Non si sa ancora se Studio Ghibli avanzerà effettivamente azioni legali contro OpenAI: il fatto è che, siccome non c’è ancora una giurisprudenza in merito, non è sicuro che un’eventuale azione contro l’azienda possa avere come esito una vittoria. E lo studio di animazione giapponese per il momento non ha rilasciato commenti su quanto accaduto.
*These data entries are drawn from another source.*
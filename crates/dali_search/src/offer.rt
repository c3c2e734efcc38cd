ghost use Rattle.std.specs.Prelude.{◌≡◌, ◌≤◌, [], IfOk, OnOk};
ghost use Rattle.dali_problem.specs.Feasible.{ArePlaces, IsFeasible, value_of};
ghost use Rattle.dali_problem.specs.Kept.{IsOf};
ghost use Rattle.dali_greedy.specs.Grown.{IsGrown};
ghost use Rattle.dali_search.specs.Best.{IsBest, IsOffered};
ghost use Rattle.dali_search.specs.Start.{start_of};

use crate::best::Best;
use dali_base::{OutOfMemory, Places, Seq};
use dali_greedy::grow;
use dali_problem::{Partial, Problem};
use std::alloc::Global;

/// The set that is grown from nothing with all places undecided.
pub(crate) fn first_best(
    alloc: Global,
    problem: &Problem,
    whole: &Partial,
) -> Result<Best, OutOfMemory>
    requires whole { IsOf problem.now whole.now }
    requires undecided { whole.now.marks ≡ start_of problem.now }
    ensures { IfOk result (λ best. IsBest problem.now best) }
{
    match grow(alloc, problem, whole, &Seq::new(alloc))? {
        Some(places) => Ok(Best {
            value: problem.value_of(&places),
            places,
        }),
        None => unreachable!(),
    }
}

/// Grows a set from a partial choice. Where it is worth more than the best one, it is grown again with all places
/// undecided, and is the best.
pub(crate) fn offer(
    alloc: Global,
    problem: &Problem,
    partial: &Partial,
    whole: &Partial,
    best: &mut Best,
) -> Result<(), OutOfMemory>
    requires of { IsOf problem.now partial.now }
    requires whole { IsOf problem.now whole.now }
    requires undecided { whole.now.marks ≡ start_of problem.now }
    requires best { IsBest problem.now best.old }
    ensures best { IsBest problem.now best.new }
    ensures not_worse { best.old.value ≤ best.new.value }
    ensures offered { OnOk result (IsOffered problem.now partial.now.marks best.new.value) }
{
    match grow(alloc, problem, partial, &Seq::new(alloc))? {
        Some(set) => {
            keep(alloc, problem, whole, &set, best)?;
            Ok(())
        }
        None => Ok(()),
    }
}

/// Keeps a feasible set, grown again with all places undecided, where it is worth more than the best one.
fn keep(
    alloc: Global,
    problem: &Problem,
    whole: &Partial,
    set: &Places,
    best: &mut Best,
) -> Result<(), OutOfMemory>
    requires whole { IsOf problem.now whole.now }
    requires undecided { whole.now.marks ≡ start_of problem.now }
    requires places { ArePlaces problem.now set.now }
    requires feasible { IsFeasible problem.now set.now }
    requires best { IsBest problem.now best.old }

    // the best set then
    ensures best { IsBest problem.now best.new }
    ensures not_worse { best.old.value ≤ best.new.value }
    ensures kept { OnOk result (value_of problem.now set.now ≤ best.new.value) }
{
    if problem.value_of(set) <= best.value {
        return Ok(());
    }
    match grow(alloc, problem, whole, set)? {
        Some(places) => {
            best.value = problem.value_of(&places);
            best.places = places;
            Ok(())
        }
        None => unreachable!(),
    }
}

/// Grows any set with all places undecided, and keeps what comes of it where that is worth more than the best one.
pub(crate) fn suggest(
    alloc: Global,
    problem: &Problem,
    whole: &Partial,
    set: &Places,
    best: &mut Best,
) -> Result<(), OutOfMemory>
    requires whole { IsOf problem.now whole.now }
    requires undecided { whole.now.marks ≡ start_of problem.now }
    requires places { ArePlaces problem.now set.now }
    requires best { IsBest problem.now best.old }
    ensures best { IsBest problem.now best.new }
    ensures not_worse { best.old.value ≤ best.new.value }
{
    if let Some(places) = grow(alloc, problem, whole, set)? {
        replace(problem, places, best);
    }
    Ok(())
}

/// Keeps a grown set where it is worth more than the best one.
fn replace(problem: &Problem, places: Places, best: &mut Best)
    requires grown { IsGrown problem.now (start_of problem.now) places }
    requires best { IsBest problem.now best.old }
    ensures best { IsBest problem.now best.new }
    ensures not_worse { best.old.value ≤ best.new.value }
{
    let value = problem.value_of(&places);
    if value > best.value {
        *best = Best { places, value };
    }
}
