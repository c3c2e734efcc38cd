use dali_base::Places;

/// The best set so far.
#[derive(Drop)]
pub(crate) struct Best {
    /// Its places, rising.
    pub(crate) places: Places,
    /// What it is worth, in centavos.
    pub(crate) value: u64,
}
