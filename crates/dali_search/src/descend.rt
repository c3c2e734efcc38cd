ghost use Rattle.std.specs.Prelude.{◌≡◌, ◌≢◌, ℕ, ◌<◌, true, Some, List, length, slice_set};
ghost use Rattle.dali_problem.specs.declared.mark.Mark.{Mark};
ghost use Rattle.dali_problem.specs.declared.mark.Mark.TheVariants.{Stranger, Undecided};
ghost use Rattle.dali_problem.specs.Partial.{mark};
ghost use Rattle.dali_problem.specs.Kept.{IsOf};
ghost use Rattle.std.specs.List.{list_all};
ghost use Rattle.dali_tree.specs.Fits.{fix_fits};
ghost use Rattle.dali_fixes.specs.Fixed.{after};
ghost use Rattle.dali_search.specs.Nodes.{node_at, total_at, AreTotals, IsOpen};
ghost use Rattle.dali_search.specs.Descent.{side_mark, IsDown, IsTurned};
ghost use Rattle.dali_search.specs.Arena.{IsArena, SomeArena, HoldFrom};

use crate::node::{Node, NodeEnd, Total};
use dali_fixes::apply;
use dali_problem::{Partial, Problem};
use dali_tree::Fixes;

/// The open node of greatest bound, where one is above 0. The partial choice, in which all places are undecided, becomes
/// that to which the node's fixes lead.
pub(crate) fn descend(
    problem: &Problem,
    nodes: &[Node],
    totals: &[Total],
    partial: &mut Partial,
) -> u32
    requires of { IsOf problem.now partial.old }
    requires members { (j : ℕ) → j < length problem.now.items → mark partial.old.marks j ≢ Stranger }
    requires arena { SomeArena problem.now partial.old.marks nodes.now }
    requires totals { AreTotals nodes.now totals.now }
    requires above { 0 < (total_at totals.now 0).greatest }

    // the places there
    ensures of { IsOf problem.now partial.new }
    ensures members { (j : ℕ) → j < length problem.now.items → mark partial.new.marks j ≢ Stranger }

    // the node that is found
    ensures within { result < length nodes.now }
    ensures open { IsOpen (node_at nodes.now result).end }
    ensures greatest { (total_at totals.now result).greatest ≡ (total_at totals.now 0).greatest }

    // the way to it
    ensures leads { (u v : ℕ) (enter : ℕ → List Mark) → IsArena problem.now u v nodes.now enter → enter 0 ≡ partial.old.marks →
        after problem.now (node_at nodes.now result).fixes (enter result) ≡ Some partial.new.marks }
{
    let mut at = 0;
    take(problem, &nodes[0].fixes, partial);
    'walk: while let NodeEnd::Branched {
        place,
        inside,
        outside,
        ..
    } = &nodes[at as usize].end
    {
        at = turn(
            problem, nodes, totals, at, *place, *inside, *outside, partial,
        );
    }
    at
}

/// Goes from a branched node to its side of greater bound.
fn turn(
    problem: &Problem,
    nodes: &[Node],
    totals: &[Total],
    from: u32,
    place: u32,
    inside: u32,
    outside: u32,
    partial: &mut Partial,
) -> u32
    requires of { IsOf problem.now partial.old }
    requires down { IsDown problem.now partial.old.marks nodes.now totals.now from place inside outside }
    ensures of { IsOf problem.now partial.new }
    ensures later { from < result }
    ensures within { result < length nodes.now }
    ensures greatest { (total_at totals.now result).greatest ≡ (total_at totals.now from).greatest }
    ensures turned { IsTurned problem.now partial.old.marks partial.new.marks nodes.now place inside outside result }
{
    if totals[inside as usize].greatest >= totals[outside as usize].greatest {
        enter(problem, nodes, place, inside, true, partial);
        inside
    } else {
        enter(problem, nodes, place, outside, false, partial);
        outside
    }
}

/// Decides the place of a branch, and takes the fixes of the node on that side.
fn enter(
    problem: &Problem,
    nodes: &[Node],
    place: u32,
    at: u32,
    chosen: bool,
    partial: &mut Partial,
)
    requires of { IsOf problem.now partial.old }
    requires undecided { mark partial.old.marks place ≡ Undecided }
    requires at { at < length nodes.now }
    requires fits { list_all (fix_fits (length problem.now.items) (length problem.now.lines)) (node_at nodes.now at).fixes ≡ true }
    requires holds { HoldFrom problem.now (slice_set partial.old.marks place (side_mark chosen)) (node_at nodes.now at).fixes }
    ensures of { IsOf problem.now partial.new }
    ensures leads { after problem.now (node_at nodes.now at).fixes (slice_set partial.old.marks place (side_mark chosen)) ≡ Some partial.new.marks }
{
    partial.fix(problem, place, chosen);
    take(problem, &nodes[at as usize].fixes, partial);
}

/// Takes the fixes of a node, which hold.
fn take(problem: &Problem, fixes: &Fixes, partial: &mut Partial)
    requires of { IsOf problem.now partial.old }
    requires fits { list_all (fix_fits (length problem.now.items) (length problem.now.lines)) fixes.now ≡ true }
    requires hold { HoldFrom problem.now partial.old.marks fixes.now }
    ensures of { IsOf problem.now partial.new }
    ensures taken { after problem.now fixes.now partial.old.marks ≡ Some partial.new.marks }
{
    apply(problem, fixes.as_slice(), partial);
}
Tuttavia, Rosenberg ha anche affermato che, qualora i tribunali, nelle cause in corso, non si pronuncino all’unanimità in favore di OpenAI, potrebbe configurarsi un futuro in cui gli sviluppatori di intelligenza artificiale dovranno compensare i titolari dei diritti d’autore e riconoscere il loro merito ogni volta che i loro contenuti vengano utilizzati per produrre degli output.

Sul tema è intervenuta nelle scorse ore OpenAI: “Continuiamo a impedire le generazioni nello stile dei singoli artisti viventi”, ha detto all’agenzia AFP un portavoce dell’azienda, “ma consentiamo stili di studio più ampi, che le persone hanno utilizzato per generare e condividere alcune creazioni originali dei fan davvero deliziose e ispirate. Stiamo sempre imparando dall’uso e dal feedback del mondo reale e continueremo a perfezionare le nostre politiche”.
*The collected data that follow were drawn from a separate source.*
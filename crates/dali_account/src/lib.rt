//! The book of accounts, codes, balances and earmarks.
//!
//! The promise to the crates above: a [`Book`] is two lists and two finite maps (`specs/Book.antt`), and each call
//! changes it by exactly one equation. Each balance and each earmark is from 0 to its asset's total, and each total is
//! at most 10^18. A refusal leaves the book as it was.
#![tactic(auto)]

mod assets;
mod book;
mod cash;
mod holdings;
pub mod limits;
mod net;
mod pairs;
mod refusal;

pub use book::Book;
pub use cash::{cash_name, is_cash};
pub use net::{Move, Net};
pub use pairs::{Pair, Pairs};
pub use refusal::BookNo;

#[cfg(test)]
mod tests;
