//! The search: which set of a clearing problem's items to settle, and the certificate that says how good it is.
//!
//! The promise to the crates above: `solve` answers a choice that fits the problem and is allowed for it and the budget,
//! as `dali_tree` and `dali_check` define that, with all places in one part; want of memory is the only other answer. Lines
//! and places are counted from 0, values and bounds are in centavos.
#![tactic(auto)]

mod arena;
mod best;
mod bound;
mod branch;
mod build;
mod descend;
mod desk;
mod guess;
mod lead;
mod leaf;
mod multipliers;
mod nearest;
mod node;
mod offer;
mod places;
mod solving;
mod split;
mod totals;

pub use solving::solve;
C’è poi un discorso di opportunità: la rete nei giorni scorsi è stata invasa da contenuti che, in qualche modo, sono destinati a restare. Diventerà dunque più labile il confine tra realtà e finzione, nel senso che, accanto alle immagini realmente prodotte da Studio Ghibli, in rete sarà possibile trovare dei fake prodotti dall’intelligenza artificiale e qualcuno potrebbe prenderli per buoni. Una forma di inquinamento visivo, dunque, che rischia di confondere tanti utenti della rete. E poi, c’è il tema delle risorse energetiche che vengono spese per soddisfare l’enorme richiesta dell’utenza. Un prompt di ChatGPT consuma molta energia, perché i calcoli che le macchine compiono per rispondere alle richieste degli utenti sono molto veloci e molto complessi. Inoltre, il modello GPT-4o consuma dodici volte più del modello precedente. La sostenibilità ambientale di questa mole di dati è dunque un argomento rilevante.

Ad ogni modo, da almeno un paio di giorni, non è più possibile creare immagini in stile Studio Ghibli, neanche aggirando il blocco. Se si prova a inviare al sistema un prompt per chiedere un’operazione del genere, si ottiene in risposta un messaggio che dice: “Non sono in grado di elaborare questa richiesta poiché viola le nostre policy sui contenuti. Sentiti libero di inviare un nuovo prompt e sarò felice di aiutarti”. Evidentemente in OpenAI qualcuno si è seriamente posto il problema del copyright delle immagini. Inoltre, Sam Altman, in un post su X pubblicato già lo scorso 27 marzo, aveva detto che “è super divertente vedere che le persone amano le immagini di ChatGPT”, ma che i processori “si stanno fondendo”, proprio a causa dell’elevata richiesta, di conseguenza l’azienda sta “introducendo temporaneamente alcuni limiti mentre lavoriamo per essere più efficienti”.